■ **Your task**
Copy every line below that has the word "AuditEntry" in it.

* * * * *

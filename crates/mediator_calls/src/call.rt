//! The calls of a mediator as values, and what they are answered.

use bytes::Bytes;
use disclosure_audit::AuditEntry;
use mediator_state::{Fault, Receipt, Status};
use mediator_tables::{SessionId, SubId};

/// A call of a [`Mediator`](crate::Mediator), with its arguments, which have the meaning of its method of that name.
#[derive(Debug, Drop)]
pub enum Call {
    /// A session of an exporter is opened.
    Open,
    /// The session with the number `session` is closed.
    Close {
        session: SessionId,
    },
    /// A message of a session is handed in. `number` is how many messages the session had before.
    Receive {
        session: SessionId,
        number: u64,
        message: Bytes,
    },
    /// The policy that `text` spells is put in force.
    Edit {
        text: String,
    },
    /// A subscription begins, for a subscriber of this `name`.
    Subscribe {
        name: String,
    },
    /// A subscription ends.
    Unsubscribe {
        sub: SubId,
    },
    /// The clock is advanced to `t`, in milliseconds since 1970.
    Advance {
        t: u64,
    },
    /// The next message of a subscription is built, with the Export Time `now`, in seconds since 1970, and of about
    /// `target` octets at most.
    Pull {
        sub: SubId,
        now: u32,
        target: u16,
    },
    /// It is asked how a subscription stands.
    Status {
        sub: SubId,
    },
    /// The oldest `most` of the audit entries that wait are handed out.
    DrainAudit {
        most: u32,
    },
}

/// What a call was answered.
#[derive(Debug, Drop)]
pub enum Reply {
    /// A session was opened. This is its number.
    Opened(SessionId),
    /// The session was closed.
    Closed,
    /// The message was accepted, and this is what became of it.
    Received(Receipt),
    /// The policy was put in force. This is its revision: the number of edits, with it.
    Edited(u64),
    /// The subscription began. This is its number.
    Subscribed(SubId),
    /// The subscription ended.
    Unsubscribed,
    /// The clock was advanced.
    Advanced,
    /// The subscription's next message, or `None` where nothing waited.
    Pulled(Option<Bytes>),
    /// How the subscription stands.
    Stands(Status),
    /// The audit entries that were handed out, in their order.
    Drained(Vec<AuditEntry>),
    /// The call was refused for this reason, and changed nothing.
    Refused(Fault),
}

* * * * *

■ **Exercise answer**
use disclosure_audit::AuditEntry;
    Drained(Vec<AuditEntry>),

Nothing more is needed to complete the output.